EleutherAI releases massive AI training dataset of licensed and open domain text

EleutherAI, an AI analysis group, has launched what it claims is among the largest collections of licensed and open-domain textual content for coaching AI fashions.

The dataset, known as the Widespread Pile v0.1, took round two years to finish in collaboration with AI startups Poolside, Hugging Face, and others, together with a number of tutorial establishments. Weighing in at 8 terabytes in dimension, the Widespread Pile v0.1 was used to coach two new AI fashions from EleutherAI, Comma v0.1-1T and Comma v0.1-2T, that EleutherAI claims carry out on par with fashions developed utilizing unlicensed, copyrighted information.

AI firms, together with OpenAI, are embroiled in lawsuits over their AI coaching practices, which depend on scraping the online — together with copyrighted materials like books and analysis journals — to construct mannequin coaching datasets. Whereas some AI firms have licensing preparations in place with sure content material suppliers, most preserve that the U.S. authorized doctrine of honest use shields them from legal responsibility in circumstances the place they educated on copyrighted work with out permission.

EleutherAI argues that these lawsuits have “drastically decreased” transparency from AI firms, which the group says has harmed the broader AI analysis subject by making it extra obscure how fashions work and what their flaws could be.

“[Copyright] lawsuits haven’t meaningfully modified information sourcing practices in [model] coaching, however they’ve drastically decreased the transparency firms have interaction in,” Stella Biderman, EleutherAI’s government director, wrote in a weblog put up on Hugging Face early Friday. “Researchers at some firms we’ve got spoken to have additionally particularly cited lawsuits as the rationale why they’ve been unable to launch the analysis they’re doing in extremely data-centric areas.”

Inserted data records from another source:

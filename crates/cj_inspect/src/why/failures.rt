// The Jobs of CronJobs that failed, as `why` tells people of them.
ghost use Rattle.std.specs.Prelude.{◌≡◌, ◌++◌, IfErr, IfOk, OnOk, filter, option_copied, string_bytes};
ghost use Rattle.cj_base.specs.declared.refusal.Refusal.TheVariants.{OutOfMemory};
ghost use Rattle.cj_status.specs.Mine.{is_failed};
ghost use Rattle.cj_answers.specs.Outcome.{explained, outcome_of};
ghost use Rattle.cj_inspect.specs.Failures.{count_line, failed_line, failed_lines, failures, is_before, is_failure, last_of, later, time_by};

use cj_answers::Answer;
use cj_cluster::{Cluster, ClusterCron, JobTimes};
use cj_types::{Job, Outcome, Refusal, Seconds, Shared};
use std::alloc::{AllocError, Global};

/// Whether the Job failed.
pub(crate) fn is_failed(job: &Job) -> bool
    ensures { result ≡ is_failed job.now }
{
    matches!(job.outcome, Some(Outcome::Failed))
}

fn is_failure(cron: &ClusterCron, job: &Job) -> bool
    ensures { result ≡ is_failure cron.now job.now }
{
    let controls = cron.controls(job);
    let is_failed = is_failed(job);
    controls && is_failed
}

// Those of the Jobs that are the CronJob's and failed.
fn failed_among(
    alloc: Global,
    cron: &ClusterCron,
    jobs: &[Shared<Job>],
) -> Result<Vec<Shared<Job>>, Refusal>
    ensures ok { IfOk result (λ v. v.items ≡ filter (is_failure cron.now) jobs.now) }
    ensures err { IfErr result (λ e. e ≡ OutOfMemory) }
{
    let mut failed = Vec::new(alloc);
    for job in jobs {
        if is_failure(cron, job.get()) {
            failed.push(job.share()?).map_err(|_| Refusal::OutOfMemory)?;
        }
    }
    Ok(failed)
}

/// Those of a cluster's Jobs that are the CronJob's and failed, in the order of their names.
pub(crate) fn failures(
    alloc: Global,
    cluster: &Cluster,
    cron: &ClusterCron,
) -> Result<Vec<Shared<Job>>, Refusal>
    ensures ok { IfOk result (λ v. v.items ≡ failures cluster.now cron.now) }
    ensures err { IfErr result (λ e. e ≡ OutOfMemory) }
{
    let jobs = cluster.jobs_naming(alloc, cron.cron.key.key())?;
    failed_among(alloc, cron, jobs.as_slice())
}

fn time_by(times: Option<&Shared<JobTimes>>) -> Option<Seconds>
    ensures { result ≡ time_by (option_copied times.entry) }
{
    match times {
        Some(times) => times.get().scheduled,
        None => None,
    }
}

fn is_before(one: Option<Seconds>, other: Option<Seconds>) -> bool
    ensures { result ≡ is_before one other }
{
    match (one, other) {
        (Some(one), Some(other)) => one.get() < other.get(),
        (None, Some(_)) => true,
        (_, None) => false,
    }
}

// Of two Jobs in the order of their names the one with the later time, else the second.
fn later<'a>(cluster: &Cluster, last: &'a Shared<Job>, job: &'a Shared<Job>) -> &'a Shared<Job>
    ensures { result.now ≡ later cluster.now.times last.now job.now }
{
    let time = time_by(cluster.times(&job.get().key));
    let last_time = time_by(cluster.times(&last.get().key));
    if is_before(time, last_time) {
        last
    } else {
        job
    }
}

/// The last of these Jobs, which are in the order of their names.
pub(crate) fn last_of<'a>(
    cluster: &Cluster,
    first: &'a Shared<Job>,
    others: &'a [Shared<Job>],
) -> &'a Shared<Job>
    ensures { result.now ≡ last_of cluster.now.times first.now others.now }
{
    let mut last = first;
    for job in others {
        last = later(cluster, last, job);
    }
    last
}

// So many Jobs of a CronJob failed, the last of them of that name.
fn count_line(
    alloc: Global,
    cron: &ClusterCron,
    count: usize,
    last: &str,
) -> Result<String, AllocError>
    ensures { IfOk result (λ s. string_bytes s ≡ count_line cron.now count last.now) }
{
    let key = cron.cron.key.key();
    let (namespace, name) = (key.namespace(), key.name());
    format!(in alloc; "{namespace}/{name}: {count} of its Jobs in the list failed, last {last}\n")
}

/// A line where there are such.
pub(crate) fn failed_line(
    alloc: Global,
    cluster: &Cluster,
    cron: &ClusterCron,
    failed: &[Shared<Job>],
) -> Result<String, AllocError>
    ensures { IfOk result (λ s. string_bytes s
        ≡ failed_line cluster.now.times cron.now failed.now) }
{
    match failed.split_first() {
        Some((first, others)) => {
            let last = last_of(cluster, first, others).get();
            count_line(alloc, cron, failed.len(), last.key.name())
        }
        None => Ok(String::new(alloc)),
    }
}

fn push_line(
    alloc: Global,
    lines: &mut String,
    cluster: &Cluster,
    cron: &ClusterCron,
) -> Result<(), Refusal>
    ensures ok { OnOk result (string_bytes lines.new ≡ string_bytes lines.old
        ++ failed_line cluster.now.times cron.now (failures cluster.now cron.now)) }
    ensures err { IfErr result (λ e. e ≡ OutOfMemory) }
{
    let failed = failures(alloc, cluster, cron)?;
    let line = failed_line(alloc, cluster, cron, failed.as_slice())?;
    lines.push_str(line.as_str())?;
    Ok(())
}

// A line for each CronJob of which some failed.
fn failed_lines(
    alloc: Global,
    cluster: &Cluster,
    crons: &[Shared<ClusterCron>],
) -> Result<String, Refusal>
    ensures ok { IfOk result (λ s. string_bytes s ≡ failed_lines cluster.now crons.now) }
    ensures err { IfErr result (λ e. e ≡ OutOfMemory) }
{
    let mut lines = String::new(alloc);
    for cron in crons {
        push_line(alloc, &mut lines, cluster, cron.get())?;
    }
    Ok(lines)
}

/// An answer, with that behind what it says, where the reasons are told in full.
pub(crate) fn with_failures(
    alloc: Global,
    full: bool,
    cluster: &Cluster,
    crons: &[Shared<ClusterCron>],
    answer: Answer,
) -> Result<Answer, Refusal>
    ensures ok { IfOk result (λ a. outcome_of a
        ≡ explained full (failed_lines cluster.now crons.now) (outcome_of answer)) }
    ensures err { IfErr result (λ e. e ≡ OutOfMemory) }
{
    if full {
        let lines = failed_lines(alloc, cluster, crons)?;
        Ok(answer.explained(true, lines.as_str())?)
    } else {
        Ok(answer)
    }
}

The Widespread Pile v0.1, which might be downloaded from Hugging Face’s AI dev platform and GitHub, was created in session with authorized specialists, and it attracts on sources, together with 300,000 public area books digitized by the Library of Congress and the Web Archive. EleutherAI additionally used Whisper, OpenAI’s open supply speech-to-text mannequin, to transcribe audio content material.

EleutherAI claims Comma v0.1-1T and Comma v0.1-2T are proof that the Widespread Pile v0.1 was curated fastidiously sufficient to allow builders to construct fashions aggressive with proprietary options. In response to EleutherAI, the fashions, each of that are 7 billion parameters in dimension and had been educated on solely a fraction of the Widespread Pile v0.1, rival fashions like Meta’s first Llama AI mannequin on benchmarks for coding, picture understanding, and math.

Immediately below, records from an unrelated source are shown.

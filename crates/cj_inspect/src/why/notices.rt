// What `why` and `upcoming` tell beside their answers: of a namespace that has no CronJob, of a
// moment before all of them, and of a list without any.
ghost use Rattle.std.specs.Prelude.{◌≡◌, ◌++◌, ◌&&◌, ◌||◌, bytes_eq, nat_lt, IfOk, IfErr, false, not, option_map, string_bytes};
ghost use Rattle.std.specs.List.{list_all, list_any};
ghost use Rattle.std.specs.FinMap as map;
ghost use Rattle.cj_base.specs.declared.refusal.Refusal.TheVariants.{OutOfMemory};
ghost use Rattle.cj_answers.specs.Outcome.{outcome_of};
ghost use Rattle.cj_inspect.specs.Why.{IsNoticed, ending_at_home, has_home, is_bare, is_early, is_noted_in, is_nothing, noticed, within_of};

use crate::why::naming::has_none;
use cj_answers::{Answer, Ending};
use cj_args::WhyRequest;
use cj_cluster::{ClusterCron, ClusterList, CronName, ItemNote};
use cj_types::{Refusal, Seconds, Shared};
use cj_zone::time_text;
use std::alloc::{AllocError, Global};

fn is_noted_in(namespace: &str, cron: &Option<CronName>) -> bool
    ensures { result ≡ is_noted_in namespace.now cron.now }
{
    match cron {
        Some(cron) => cron.namespace.as_str() == namespace,
        None => false,
    }
}

fn is_in(namespace: &str, cron: &ClusterCron) -> bool
    ensures { result ≡ bytes_eq cron.now.cron.key.namespace namespace.now }
{
    cron.cron.key.key().namespace() == namespace
}

pub(crate) fn has_cron(namespace: &str, crons: &[Shared<ClusterCron>]) -> bool
    ensures { result
        ≡ list_any (λ c. bytes_eq c.cron.key.namespace namespace.now) crons.now }
{
    crons.iter().any(|cron| is_in(namespace, cron.get()))
}

pub(crate) fn has_note(namespace: &str, notes: &[ItemNote]) -> bool
    ensures { result ≡ list_any (λ note. is_noted_in namespace.now note.cron) notes.now }
{
    notes.iter().any(|note| is_noted_in(namespace, &note.cron))
}

/// Whether a CronJob is in the namespace that is given, if one is.
pub(crate) fn has_home(
    within: Option<&str>,
    list: &ClusterList,
    crons: &[Shared<ClusterCron>],
) -> bool
    requires { crons.now ≡ map.values list.now.cluster.crons }
    ensures { result ≡ has_home (option_map (λ s. s.now) within.entry) list.now }
{
    match within {
        None => true,
        Some(namespace) => {
            let has_cron = has_cron(namespace, crons);
            let has_note = has_note(namespace, list.notes.as_slice());
            has_cron || has_note
        }
    }
}

fn is_before(now: Seconds, cron: &ClusterCron) -> bool
    ensures { result ≡ nat_lt now cron.now.cron.meta.created }
{
    now.get() < cron.cron.meta.created.get()
}

fn is_before_each(now: Seconds, crons: &[Shared<ClusterCron>]) -> bool
    ensures { result ≡ list_all (λ c. nat_lt now c.cron.meta.created) crons.now }
{
    crons.iter().all(|cron| is_before(now, cron.get()))
}

// Whether there are CronJobs, and the moment is before the creation of each.
fn is_early(now: Seconds, crons: &[Shared<ClusterCron>]) -> bool
    ensures { result ≡ is_early now crons.now }
{
    let has_none = has_none(crons);
    let is_before_each = is_before_each(now, crons);
    !has_none && is_before_each
}

// Whether there is no CronJob, and no item that is refused or of another kind.
fn is_bare(list: &ClusterList, crons: &[Shared<ClusterCron>]) -> bool
    requires { crons.now ≡ map.values list.now.cluster.crons }
    ensures { result ≡ is_bare list.now }
{
    let has_none = has_none(crons);
    let is_unnoted = list.notes.as_slice().is_empty();
    has_none && is_unnoted
}

// Whether no CronJob is there by the moment.
fn is_too_soon(list: &ClusterList, crons: &[Shared<ClusterCron>], now: Seconds) -> bool
    requires { crons.now ≡ map.values list.now.cluster.crons }
    ensures { result ≡ (is_early now crons.now || is_bare list.now) }
{
    let is_early = is_early(now, crons);
    let is_bare = is_bare(list, crons);
    is_early || is_bare
}

// One namespace more, unless it is the last one again.
fn push_namespace(text: &mut String, last: &str, namespace: &str) -> Result<(), AllocError> {
    if last == namespace {
        return Ok(());
    }
    if !text.is_empty() {
        text.push_str(", ")?;
    }
    text.push_str(namespace)
}

// The namespaces of the CronJobs, which are in the order of their keys.
fn namespaces(alloc: Global, crons: &[Shared<ClusterCron>]) -> Result<String, AllocError> {
    let mut text = String::new(alloc);
    let mut last = "";
    for cron in crons {
        let namespace = cron.get().cron.key.key().namespace();
        push_namespace(&mut text, last, namespace)?;
        last = namespace;
    }
    Ok(text)
}

// That no CronJob is in the namespace, and which have some.
fn home_words(
    alloc: Global,
    within: Option<&str>,
    crons: &[Shared<ClusterCron>],
) -> Result<String, Refusal>
    ensures ok { IfOk result (λ s. is_nothing (string_bytes s) ≡ false) }
    ensures err { IfErr result (λ e. e ≡ OutOfMemory) }
{
    let given = within.unwrap_or("");
    let found = namespaces(alloc, crons)?;
    let found = if found.is_empty() {
        "none"
    } else {
        found.as_str()
    };
    Ok(format!(in alloc;
        "cronsim: no CronJob of the list is in the namespace {given}; there are some in: {found}\n"
    )?)
}

// That the moment is before the creation of each.
fn early_words(alloc: Global, now: Seconds) -> Result<String, Refusal>
    ensures ok { IfOk result (λ s. is_nothing (string_bytes s) ≡ false) }
    ensures err { IfErr result (λ e. e ≡ OutOfMemory) }
{
    let time = time_text(alloc, now)?;
    let time = time.as_str();
    Ok(format!(in alloc; "cronsim: --now {time} is before each CronJob of the list was created\n")?)
}

// That the list has no CronJob.
fn bare_words(alloc: Global) -> Result<String, Refusal>
    ensures ok { IfOk result (λ s. is_nothing (string_bytes s) ≡ false) }
    ensures err { IfErr result (λ e. e ≡ OutOfMemory) }
{
    Ok(String::from_str(
        alloc,
        "cronsim: the list has no CronJob; kubectl get cronjobs,jobs -A -o json prints both kinds\n",
    )?)
}

fn soon_words(alloc: Global, crons: &[Shared<ClusterCron>], now: Seconds) -> Result<String, Refusal>
    ensures ok { IfOk result (λ s. is_nothing (string_bytes s) ≡ false) }
    ensures err { IfErr result (λ e. e ≡ OutOfMemory) }
{
    if crons.is_empty() {
        bare_words(alloc)
    } else {
        early_words(alloc, now)
    }
}

fn notice(
    alloc: Global,
    within: Option<&str>,
    crons: &[Shared<ClusterCron>],
    now: Seconds,
    home: bool,
    early: bool,
) -> Result<String, Refusal>
    ensures ok { IfOk result (λ s. is_nothing (string_bytes s) ≡ (home && not early)) }
    ensures err { IfErr result (λ e. e ≡ OutOfMemory) }
{
    match (home, early) {
        (false, _) => home_words(alloc, within, crons),
        (true, true) => soon_words(alloc, crons, now),
        (true, false) => Ok(String::new(alloc)),
    }
}

fn ending_at_home(home: bool, ending: Ending) -> Ending
    ensures { result ≡ ending_at_home home ending }
{
    if home { ending } else { Ending::Refused }
}

fn noticed(home: bool, words: String, answer: Answer) -> Result<Answer, Refusal>
    ensures ok { IfOk result (λ a. outcome_of a
        ≡ noticed home (string_bytes words) (outcome_of answer)) }
    ensures err { IfErr result (λ e. e ≡ OutOfMemory) }
{
    let Answer {
        ending,
        printed,
        said,
    } = answer;
    let mut words = words;
    words.push_str(said.as_str())?;
    Ok(Answer {
        ending: ending_at_home(home, ending),
        printed,
        said: words,
    })
}

/// The answer with what is to be told beside it, before what it says.
pub(crate) fn with_notices(
    alloc: Global,
    why: &WhyRequest<'_>,
    list: &ClusterList,
    crons: &[Shared<ClusterCron>],
    now: Seconds,
    answer: Answer,
) -> Result<Answer, Refusal>
    requires { crons.now ≡ map.values list.now.cluster.crons }
    ensures ok { IfOk result (λ a. IsNoticed (has_home (within_of why.now) list.now)
        (is_early now (map.values list.now.cluster.crons) || is_bare list.now)
        (outcome_of answer) (outcome_of a)) }
    ensures err { IfErr result (λ e. e ≡ OutOfMemory) }
{
    let home = has_home(why.namespace, list, crons);
    let early = is_too_soon(list, crons, now);
    let words = notice(alloc, why.namespace, crons, now, home, early)?;
    noticed(home, words, answer)
}

// What is told where no CronJob is in the namespace.
fn home_notice(
    alloc: Global,
    within: Option<&str>,
    crons: &[Shared<ClusterCron>],
    home: bool,
) -> Result<String, Refusal>
    ensures ok { IfOk result (λ s. is_nothing (string_bytes s) ≡ (home && not false)) }
    ensures err { IfErr result (λ e. e ≡ OutOfMemory) }
{
    if home {
        Ok(String::new(alloc))
    } else {
        home_words(alloc, within, crons)
    }
}

/// The answer with what is to be told where no CronJob is in the namespace, before what it says.
pub(crate) fn with_home_notice(
    alloc: Global,
    within: Option<&str>,
    crons: &[Shared<ClusterCron>],
    home: bool,
    answer: Answer,
) -> Result<Answer, Refusal>
    ensures ok { IfOk result (λ a. IsNoticed home false (outcome_of answer) (outcome_of a)) }
    ensures err { IfErr result (λ e. e ≡ OutOfMemory) }
{
    let words = home_notice(alloc, within, crons, home)?;
    noticed(home, words, answer)
}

Parameters, generally known as weights, are the inner parts of an AI mannequin that information its habits and solutions.

“Typically, we expect that the widespread concept that unlicensed textual content drives efficiency is unjustified,” Biderman wrote in her put up. “As the quantity of accessible overtly licensed and public area information grows, we are able to count on the standard of fashions educated on overtly licensed content material to enhance.”

The Widespread Pile v0.1 seems to be partially an effort to proper EleutherAI’s historic wrongs. Years in the past, the corporate launched The Pile, an open assortment of coaching textual content that features copyrighted materials. AI firms have come underneath fireplace — and authorized strain — for utilizing The Pile to coach fashions.

EleutherAI is committing to releasing open datasets extra steadily going ahead in collaboration with its analysis and infrastructure companions.

Up to date 9:48 a.m. Pacific: Biderman clarified in a put up on X that EleutherAI contributed to the discharge of the datasets and fashions, however that their growth concerned many companions, together with the College of Toronto, which helped lead the analysis.